* WHAT YOU HAVE TO DO: Repeat exactly the lines below that lie between the line with "fn split_hop(bytes: &[u8]) -> (Exit, &[u8])" and the line with "long it is.", counting both of those lines as part of the answer.

Stored data entries

++++++++

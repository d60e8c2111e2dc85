// The commands of one hop, read from the 72 bytes of a slot and written to them. What is written is read as the
// commands that were written, and what is read is spelled by these bytes alone. Neither takes memory.
ghost use Rattle.std.specs.Prelude.{◌≡◌, ◌≢◌, ◌+◌, ◌≤◌, ◌++◌, ◌↔◌, ℕ, List, [], ◌∷◌, length, slice_range, IsTrue, Some, IfSome, IfNone, option_map};
ghost use Rattle.packet_form.specs.Commands.{IsAllowed, HasLengths, delay_at, delay_part, exit_at, exit_part, hop_at, longest_delay, padded, read, recipient_at, spell};
ghost use Rattle.packet_form.specs.declared.commands.Cmds.{Cmds};

use mix_base::is_zero;

/// The longest delay, three hours in milliseconds.
pub const LONGEST_DELAY: u32 = 10_800_000;

/// Where a packet goes from a hop.
#[derive(Clone, Copy, Debug, PartialEq, Eq)]
pub enum Exit {
    /// To the next hop: its id, and the MAC of the header that goes there.
    Hop { id: [u8; 32], mac: [u8; 32] },
    /// To a recipient.
    Recipient { id: [u8; 32] },
    /// To the maker of a reply block, with the id of that block.
    Reply { id: [u8; 32], surb: [u8; 16] },
}

/// The commands of one hop.
#[derive(Clone, Copy, Debug, PartialEq, Eq)]
pub struct Cmds {
    /// For how many milliseconds the hop holds the packet, at most `LONGEST_DELAY`. `Some(0)` and `None` are two
    /// values.
    pub delay: Option<u32>,
    pub exit: Exit,
}

impl Cmds {
    /// Whether these commands may be written: their delay, where there is one, is at most `LONGEST_DELAY`.
    pub fn is_allowed(&self) -> bool
        ensures { IsTrue result ↔ IsAllowed self.now }
    {
        match self.delay {
            Some(delay) => delay <= LONGEST_DELAY,
            None => true,
        }
    }
}

/// The commands that the bytes of a slot spell. `None` comes exactly where they spell none.
pub fn read_cmds(bytes: &[u8; 72]) -> Option<Cmds>
    ensures exact { result ≡ read bytes.now }
    // These bytes spell what is read.
    ensures spelled { IfSome result (λ cmds. IsAllowed cmds × (bytes.now ≡ spell cmds)) }
    // Where nothing is read, these bytes spell no commands.
    ensures none { IfNone result
        ((cmds : Cmds) → IsAllowed cmds → HasLengths cmds.exit → bytes.now ≢ spell cmds) }
{
    read_parts(bytes)
}

/// The one spelling of commands. Asks a delay of at most `LONGEST_DELAY`, where there is one: `Cmds::is_allowed`.
#[tactic(auto, unfolding(crate::specs::Commands::spell))]
pub fn write_cmds(cmds: &Cmds) -> [u8; 72]
    requires { IsAllowed cmds.now }
    ensures value { result ≡ spell cmds.now }
    // What is written is read as these commands.
    ensures read_back { read result ≡ Some cmds.now }
{
    let mut bytes = [0; 72];
    let behind = write_delay(&mut bytes, cmds.delay);
    write_exit(&mut bytes, behind, &cmds.exit);
    bytes
}

// The parts one after the other, and zeros behind them.
#[tactic(auto, unfolding(crate::specs::Commands::read))]
fn read_parts(bytes: &[u8; 72]) -> Option<Cmds>
    ensures { result ≡ read bytes.now }
{
    let (delay, behind) = split_delay(bytes)?;
    let (exit, rest) = split_exit(behind)?;
    if is_zero(rest) {
        Some(Cmds { delay, exit })
    } else {
        None
    }
}

// A copy of the 32 bytes from a place on.
fn id_at(bytes: &[u8], at: usize) -> [u8; 32]
    requires { at + 32 ≤ length bytes.now }
    ensures { result ≡ slice_range bytes.now at (at + 32) }
{
    let mut id = [0; 32];
    id.copy_from_slice(&bytes[at..at + 32]);
    id
}

// The delay at the front, or none, and the bytes behind it; `None` for a delay that is too long.
#[tactic(auto, unfolding(crate::specs::Commands::delay_at))]
fn split_delay(bytes: &[u8; 72]) -> Option<(Option<u32>, &[u8])>
    ensures exact { option_map (λ part. (part.0, part.1.now)) result ≡ delay_at bytes.now }
    ensures length { IfSome result (λ part. 67 ≤ length part.1.now) }
{
    if bytes[0] != 0x80 {
        return Some((None, bytes));
    }
    let mut digits = [0; 4];
    digits.copy_from_slice(&bytes[1..5]);
    let delay = u32::from_be_bytes(digits);
    if delay > LONGEST_DELAY {
        return None;
    }
    let (_, behind) = bytes.split_at(5);
    Some((Some(delay), behind))
}

// The exit at the front, and the bytes behind it; `None` where the first byte begins none.
#[tactic(auto, unfolding(crate::specs::Commands::exit_at))]
fn split_exit(bytes: &[u8]) -> Option<(Exit, &[u8])>
    requires { 67 ≤ length bytes.now }
    ensures { option_map (λ part. (part.0, part.1.now)) result ≡ exit_at bytes.now }
{
    match bytes[0] {
        1 => Some(split_hop(bytes)),
        2 => Some(split_recipient(bytes)),
        _ => None,
    }
}

// A next hop, and the bytes behind it.
fn split_hop(bytes: &[u8]) -> (Exit, &[u8])
    requires { 67 ≤ length bytes.now }
    ensures { (result.0, result.1.now) ≡ hop_at bytes.now }
{
    let id = id_at(bytes, 1);
    let mac = id_at(bytes, 33);
    let (_, behind) = bytes.split_at(65);
    (Exit::Hop { id, mac }, behind)
}

// A recipient, or a reply, and the bytes behind it.
fn split_recipient(bytes: &[u8]) -> (Exit, &[u8])
    requires { 67 ≤ length bytes.now }
    ensures { (result.0, result.1.now) ≡ recipient_at bytes.now }
{
    let id = id_at(bytes, 1);
    if bytes[33] == 3 {
        let mut surb = [0; 16];
        surb.copy_from_slice(&bytes[34..50]);
        let (_, behind) = bytes.split_at(50);
        (Exit::Reply { id, surb }, behind)
    } else {
        let (_, behind) = bytes.split_at(33);
        (Exit::Recipient { id }, behind)
    }
}

// Writes a field behind those that are written.
fn put(bytes: &mut [u8; 72], at: usize, field: &[u8])
    requires { at + length field.now ≤ 72 }
    ensures { (written : List ℕ) → length written ≡ at → bytes.old ≡ padded written →
        bytes.new ≡ padded (written ++ field.now) }
{
    bytes[at..at + field.len()].copy_from_slice(field);
}

// Writes the part of the delay to zeros, and says how long it is.
fn write_delay(bytes: &mut [u8; 72], delay: Option<u32>) -> usize
    requires { bytes.old ≡ padded [] }
    ensures value { bytes.new ≡ padded (delay_part delay) }
    ensures length { result ≡ length (delay_part delay) }
    ensures most { result ≤ 5 }
{
    match delay {
        None => 0,
        Some(delay) => {
            put(bytes, 0, &[0x80]);
            put(bytes, 1, &delay.to_be_bytes());
            5
        }
    }
}

// Writes the part of the exit behind what is written.
fn write_exit(bytes: &mut [u8; 72], at: usize, exit: &Exit)
    requires { at ≤ 5 }
    ensures value { (written : List ℕ) → length written ≡ at → bytes.old ≡ padded written →
        bytes.new ≡ padded (written ++ exit_part exit.now) }
    ensures lengths { HasLengths exit.now }
{
    match exit {
        Exit::Hop { id, mac } => {
            put(bytes, at, &[1]);
            put(bytes, at + 1, id);
            put(bytes, at + 33, mac);
        }
        Exit::Recipient { id } => {
            put(bytes, at, &[2]);
            put(bytes, at + 1, id);
        }
        Exit::Reply { id, surb } => {
            put(bytes, at, &[2]);
            put(bytes, at + 1, id);
            put(bytes, at + 33, &[3]);
            put(bytes, at + 34, surb);
        }
    }
}
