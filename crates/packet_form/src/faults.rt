// Why there is no geometry of some numbers.
use thiserror::Error;

/// Why there is no geometry of these numbers. The number of hops is judged first.
#[derive(Clone, Copy, Debug, PartialEq, Eq, Error)]
pub enum GeometryFault {
    /// The number of hops isn't 1 to 5.
    #[error("the number of hops isn't 1 to 5")]
    Hops,
    /// The length of the body isn't 1 to 4,096.
    #[error("the length of the body isn't 1 to 4096")]
    Body,
}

++++++++

* OUTPUT OF THE EXERCISE:
fn split_hop(bytes: &[u8]) -> (Exit, &[u8])
    requires { 67 ≤ length bytes.now }
    ensures { (result.0, result.1.now) ≡ hop_at bytes.now }
{
    let id = id_at(bytes, 1);
    let mac = id_at(bytes, 33);
    let (_, behind) = bytes.split_at(65);
    (Exit::Hop { id, mac }, behind)
}

// A recipient, or a reply, and the bytes behind it.
fn split_recipient(bytes: &[u8]) -> (Exit, &[u8])
    requires { 67 ≤ length bytes.now }
    ensures { (result.0, result.1.now) ≡ recipient_at bytes.now }
{
    let id = id_at(bytes, 1);
    if bytes[33] == 3 {
        let mut surb = [0; 16];
        surb.copy_from_slice(&bytes[34..50]);
        let (_, behind) = bytes.split_at(50);
        (Exit::Reply { id, surb }, behind)
    } else {
        let (_, behind) = bytes.split_at(33);
        (Exit::Recipient { id }, behind)
    }
}

// Writes a field behind those that are written.
fn put(bytes: &mut [u8; 72], at: usize, field: &[u8])
    requires { at + length field.now ≤ 72 }
    ensures { (written : List ℕ) → length written ≡ at → bytes.old ≡ padded written →
        bytes.new ≡ padded (written ++ field.now) }
{
    bytes[at..at + field.len()].copy_from_slice(field);
}

// Writes the part of the delay to zeros, and says how long it is.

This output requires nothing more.